### Directions
Those lines of the records that contain "items" are to be located and copied.

*** Opening of Stored data ***

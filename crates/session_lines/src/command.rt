//! What a line asks for.
use crate::lasting_list::LastingList;
use crate::numbers::Numbers;
use op_model::{EditText, Neighbour};
use placed_edits::PlacedAction;
use span_export::Form;

/// What a line of a session asks for.
#[derive(Debug, Drop)]
pub enum Command {
    /// A change of a document, or several at once, by numbers or at places that last.
    Edit(PlacedAction),
    /// The text of a document, by its number from 1 on: of now, or as it was when it had so many
    /// operations.
    Text {
        doc: u32,
        at_rev: Option<u32>,
    },
    /// The spans of a document likewise.
    Spans {
        doc: u32,
        at_rev: Option<u32>,
    },
    /// The versions of a document, by its number from 1 on, of at most so many operations each.
    Versions {
        doc: u32,
        every: u32,
    },
    /// What changed in a document, by its number from 1 on, since it had so many operations.
    Changes {
        doc: u32,
        since: u32,
    },
    /// Places of a document's text that last, for these numbers of visible characters before them,
    /// each with the neighbour that it stays with.
    Anchors {
        doc: u32,
        at: Numbers,
        side: Neighbour,
    },
    /// Where these places of a document stand now.
    Places {
        doc: u32,
        anchors: LastingList,
    },
    /// Where a text stands in a document, from so many characters on.
    Find {
        doc: u32,
        text: EditText,
        from: u32,
    },
    /// A document, by its number from 1 on, as other programs read it.
    Export {
        doc: u32,
        form: Form,
    },
    /// How far the replica is.
    Status,
    /// Who is connected.
    Peers,
    /// What is counted of each document.
    Documents,
    /// How much there is of what there is a limit to.
    Room,
    /// That no more edits be taken, and all be settled.
    Stop,
}
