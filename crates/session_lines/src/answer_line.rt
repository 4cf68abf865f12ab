//! An answer as a line of JSON.
ghost use Rattle.std.specs.Prelude.{◌≡◌, ◌≤◌, ◌+◌, ◌++◌, IsTrue, OnOk, OnErr};
ghost use Rattle.std.specs.Prelude.{vec_len, vec_capacity};
ghost use Rattle.session_lines.specs.Counting.{said_counted, said_versions};
ghost use Rattle.session_lines.specs.Putting.{Puts};
ghost use Rattle.session_lines.specs.Saying.{said, is_long, said_text, said_listed, said_connected};
ghost use Rattle.session_lines.specs.Saying.{said_changed, said_exported, said_named, said_standing};

use crate::answer::Answer;
use crate::change_list::ChangeList;
use crate::changes::put_changes;
use crate::document_list::DocumentList;
use crate::documents::put_documents;
use crate::exported::Exported;
use crate::lasting_list::LastingList;
use crate::numbered::put_numbered;
use crate::peer_list::PeerList;
use crate::peers::put_peers;
use crate::place_list::PlaceList;
use crate::places::{put_anchors, put_places};
use crate::quoted::{put, put_characters, put_quoted_bytes};
use crate::room::put_room;
use crate::short_line::{SHORT, put_done, put_edited, put_refused, put_refused_at, put_status};
use crate::span_list::SpanList;
use crate::spans::put_spans;
use crate::version_list::VersionList;
use crate::versions::put_versions;
use op_model::Text;
use std::alloc::{AllocError, Global};

/// Puts an answer as text behind what is there: compact JSON with its keys in the order of their
/// bytes, and a line feed. An error is out of memory (1), and leaves what is there as it was; where
/// there is room for 128 bytes, it comes for an answer alone that shows what documents have, who is
/// linked, or the room. The time is that of the text's length, and nothing but `out` takes memory.
pub fn say(_alloc: Global, answer: &Answer, out: &mut Vec<u8>) -> Result<(), AllocError>
    ensures ok { OnOk result (out.new.items ≡ out.old.items ++ said answer.now) }
    ensures err { OnErr result (out.new.items ≡ out.old.items) }
    ensures room { OnErr result (vec_len out.old + SHORT ≤ vec_capacity out.old
        → IsTrue (is_long answer.now)) }
    ensures capacity { vec_capacity out.old ≤ vec_capacity out.new }
{
    let before = out.len();
    let done = put_answer(answer, out);
    if done.is_err() {
        out.truncate(before);
    }
    done
}

/// Puts an answer, or some of it if memory is refused.
fn put_answer(answer: &Answer, out: &mut Vec<u8>) -> Result<(), AllocError>
    ensures puts { Puts result out.old out.new (said answer.now) }
    ensures room { OnErr result (vec_len out.old + SHORT ≤ vec_capacity out.old
        → IsTrue (is_long answer.now)) }
{
    out.reserve(SHORT)?;
    match answer {
        Answer::Text { rev, text } => return put_shown(*rev, text, out),
        Answer::Spans { rev, spans } => return put_listed(*rev, spans, out),
        Answer::Versions { rev, versions } => return put_versioned(*rev, versions, out),
        Answer::Changes { rev, changes } => return put_changed(*rev, changes, out),
        Answer::Anchors { rev, anchors } => return put_named(*rev, anchors, out),
        Answer::Places { rev, places } => return put_standing(*rev, places, out),
        Answer::Peers { peers, sessions } => return put_connected(peers, *sessions, out),
        Answer::Exported { rev, text } => return put_exported(*rev, text, out),
        Answer::Documents { documents } => return put_counted(documents, out),
        Answer::Room { room } => return put_room(room, out),
        Answer::Edited { rev } => put_edited(*rev, out),
        Answer::Status {
            applied,
            settled,
            state,
        } => put_status(*applied, *settled, *state, out),
        Answer::Stopped | Answer::Done => put_done(out),
        Answer::Refused(refusal) => put_refused(*refusal, out),
        Answer::RefusedAt { refusal, at } => put_refused_at(*refusal, *at, out),
    }
    Ok(())
}

/// Puts the answer that shows a text.
fn put_shown(rev: u64, text: &Text, out: &mut Vec<u8>) -> Result<(), AllocError>
    ensures { Puts result out.old out.new (said_text rev text.now) }
{
    put_numbered(b"{\"ok\":true,\"rev\":", rev, b",\"text\":", out)?;
    put_characters(text.as_slice(), out)?;
    put(b"}\n", out)
}

/// Puts the answer that lists spans.
fn put_listed(rev: u64, spans: &SpanList, out: &mut Vec<u8>) -> Result<(), AllocError>
    ensures { Puts result out.old out.new (said_listed rev spans.now) }
{
    put_numbered(b"{\"ok\":true,\"rev\":", rev, b",\"spans\":[", out)?;
    put_spans(spans.as_slice(), out)?;
    put(b"}\n", out)
}

/// Puts the answer that lists versions.
fn put_versioned(rev: u64, versions: &VersionList, out: &mut Vec<u8>) -> Result<(), AllocError>
    ensures { Puts result out.old out.new (said_versions rev versions.now) }
{
    put_numbered(b"{\"ok\":true,\"rev\":", rev, b",\"versions\":[", out)?;
    put_versions(versions.as_slice(), out)?;
    put(b"}\n", out)
}

/// Puts the answer that has a document as other programs read it.
fn put_exported(rev: u64, text: &Exported, out: &mut Vec<u8>) -> Result<(), AllocError>
    ensures { Puts result out.old out.new (said_exported rev text.now) }
{
    put_numbered(b"{\"ok\":true,\"rev\":", rev, b",\"text\":", out)?;
    put_quoted_bytes(text.as_slice(), out)?;
    put(b"}\n", out)
}

/// Puts the answer that says who is connected.
fn put_connected(peers: &PeerList, sessions: u64, out: &mut Vec<u8>) -> Result<(), AllocError>
    ensures { Puts result out.old out.new (said_connected peers.now sessions) }
{
    put(b"{\"ok\":true,\"peers\":[", out)?;
    put_peers(peers.as_slice(), out)?;
    put_numbered(b",\"sessions\":", sessions, b"}\n", out)
}

/// Puts the answer that lists documents.
fn put_counted(documents: &DocumentList, out: &mut Vec<u8>) -> Result<(), AllocError>
    ensures { Puts result out.old out.new (said_counted documents.now) }
{
    put(b"{\"documents\":[", out)?;
    put_documents(documents.as_slice(), out)?;
    put(b",\"ok\":true}\n", out)
}

/// Puts the answer what changed.
fn put_changed(rev: u64, changes: &ChangeList, out: &mut Vec<u8>) -> Result<(), AllocError>
    ensures { Puts result out.old out.new (said_changed rev changes.now) }
{
    put(b"{\"changes\":[", out)?;
    put_changes(changes.as_slice(), out)?;
    put_numbered(b",\"ok\":true,\"rev\":", rev, b"}\n", out)
}

/// Puts the answer that names places.
fn put_named(rev: u64, anchors: &LastingList, out: &mut Vec<u8>) -> Result<(), AllocError>
    ensures { Puts result out.old out.new (said_named rev anchors.now) }
{
    put(b"{\"anchors\":[", out)?;
    put_anchors(anchors.as_slice(), out)?;
    put_numbered(b",\"ok\":true,\"rev\":", rev, b"}\n", out)
}

/// Puts the answer where places stand.
fn put_standing(rev: u64, places: &PlaceList, out: &mut Vec<u8>) -> Result<(), AllocError>
    ensures { Puts result out.old out.new (said_standing rev places.now) }
{
    put(b"{\"ok\":true,\"places\":[", out)?;
    put_places(places.as_slice(), out)?;
    put_numbered(b",\"rev\":", rev, b"}\n", out)
}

*** Close of Stored data ***

### Solution for this problem
    ensures ok { OnOk result (out.new.items ≡ out.old.items ++ said answer.now) }
    ensures err { OnErr result (out.new.items ≡ out.old.items) }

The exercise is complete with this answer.